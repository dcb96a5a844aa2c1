//! Changes of one list: at its end, before a chunk, and of one chunk for another.

ghost use Rattle.std.specs.Prelude.{◌≡◌, ℕ, ◌<◌, ◌≤◌, List, [], ◌∷◌, ◌++◌, slice_set};
ghost use Rattle.part_words.specs.Extents.{IsOpen};
ghost use Rattle.ordinary_bins.specs.Lists.{bin_count, list_at, times_listed};

use chunk_tags::Addr;
use ordinary_bins::LinkWords;

/// Puts a chunk at the end of a bin.
pub(crate) fn push_back(links: &mut LinkWords, bin: u8, at: Addr)
    requires used { 0 < bin }
    requires bin { bin < bin_count }
    requires high { bin_count ≤ at }
    requires word { IsOpen links.old.extent at }
    requires unlisted { times_listed at links.old.lists ≡ 0 }
    ensures lists { links.new.lists
        ≡ slice_set links.old.lists bin (list_at bin links.old.lists ++ at ∷ []) }
    ensures extent { links.new.extent ≡ links.old.extent }
{
    match links.last(bin) {
        None => links.push_front(bin, at),
        Some(last) => links.insert_behind(last, at),
    }
}

/// Puts a chunk before another one of a bin.
pub(crate) fn insert_before(links: &mut LinkWords, bin: u8, next: Addr, at: Addr)
    requires used { 0 < bin }
    requires bin { bin < bin_count }
    requires next { 1 ≤ times_listed next links.old.lists }
    requires high { bin_count ≤ at }
    requires word { IsOpen links.old.extent at }
    requires unlisted { times_listed at links.old.lists ≡ 0 }
    ensures lists { (front back : List ℕ) → list_at bin links.old.lists ≡ front ++ next ∷ back
        → links.new.lists ≡ slice_set links.old.lists bin (front ++ at ∷ next ∷ back) }
    ensures extent { links.new.extent ≡ links.old.extent }
{
    links.laws();
    match links.before(next) {
        None => links.push_front(bin, at),
        Some(before) => links.insert_behind(before, at),
    }
}

/// Puts a chunk in the place of a listed one.
pub(crate) fn replace(links: &mut LinkWords, at: Addr, other: Addr)
    requires listed { 1 ≤ times_listed at links.old.lists }
    requires high { bin_count ≤ other }
    requires word { IsOpen links.old.extent other }
    requires unlisted { times_listed other links.old.lists ≡ 0 }
    ensures lists { (bin : ℕ) (front back : List ℕ) → bin < bin_count
        → list_at bin links.old.lists ≡ front ++ at ∷ back
        → links.new.lists ≡ slice_set links.old.lists bin (front ++ other ∷ back) }
    ensures extent { links.new.extent ≡ links.old.extent }
{
    links.laws();
    links.insert_behind(at, other);
    links.laws();
    links.unlink(at);
}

-*-*-

Each line of the data above must be restated word for word.

repository dcb96a5a844aa2c1
//! Changes of one list: at its end, before a chunk, and of one chunk for another.

ghost use Rattle.std.specs.Prelude.{◌≡◌, ℕ, ◌<◌, ◌≤◌, List, [], ◌∷◌, ◌++◌, slice_set};
ghost use Rattle.part_words.specs.Extents.{IsOpen};
ghost use Rattle.ordinary_bins.specs.Lists.{bin_count, list_at, times_listed};

use chunk_tags::Addr;
use ordinary_bins::LinkWords;

/// Puts a chunk at the end of a bin.
pub(crate) fn push_back(links: &mut LinkWords, bin: u8, at: Addr)
    requires used { 0 < bin }
    requires bin { bin < bin_count }
    requires high { bin_count ≤ at }
    requires word { IsOpen links.old.extent at }
    requires unlisted { times_listed at links.old.lists ≡ 0 }
    ensures lists { links.new.lists
        ≡ slice_set links.old.lists bin (list_at bin links.old.lists ++ at ∷ []) }
    ensures extent { links.new.extent ≡ links.old.extent }
{
    match links.last(bin) {
        None => links.push_front(bin, at),
        Some(last) => links.insert_behind(last, at),
    }
}

/// Puts a chunk before another one of a bin.
pub(crate) fn insert_before(links: &mut LinkWords, bin: u8, next: Addr, at: Addr)
    requires used { 0 < bin }
    requires bin { bin < bin_count }
    requires next { 1 ≤ times_listed next links.old.lists }
    requires high { bin_count ≤ at }
    requires word { IsOpen links.old.extent at }
    requires unlisted { times_listed at links.old.lists ≡ 0 }
    ensures lists { (front back : List ℕ) → list_at bin links.old.lists ≡ front ++ next ∷ back
        → links.new.lists ≡ slice_set links.old.lists bin (front ++ at ∷ next ∷ back) }
    ensures extent { links.new.extent ≡ links.old.extent }
{
    links.laws();
    match links.before(next) {
        None => links.push_front(bin, at),
        Some(before) => links.insert_behind(before, at),
    }
}

/// Puts a chunk in the place of a listed one.
pub(crate) fn replace(links: &mut LinkWords, at: Addr, other: Addr)
    requires listed { 1 ≤ times_listed at links.old.lists }
    requires high { bin_count ≤ other }
    requires word { IsOpen links.old.extent other }
    requires unlisted { times_listed other links.old.lists ≡ 0 }
    ensures lists { (bin : ℕ) (front back : List ℕ) → bin < bin_count
        → list_at bin links.old.lists ≡ front ++ at ∷ back
        → links.new.lists ≡ slice_set links.old.lists bin (front ++ other ∷ back) }
    ensures extent { links.new.extent ≡ links.old.extent }
{
    links.laws();
    links.insert_behind(at, other);
    links.laws();
    links.unlink(at);
}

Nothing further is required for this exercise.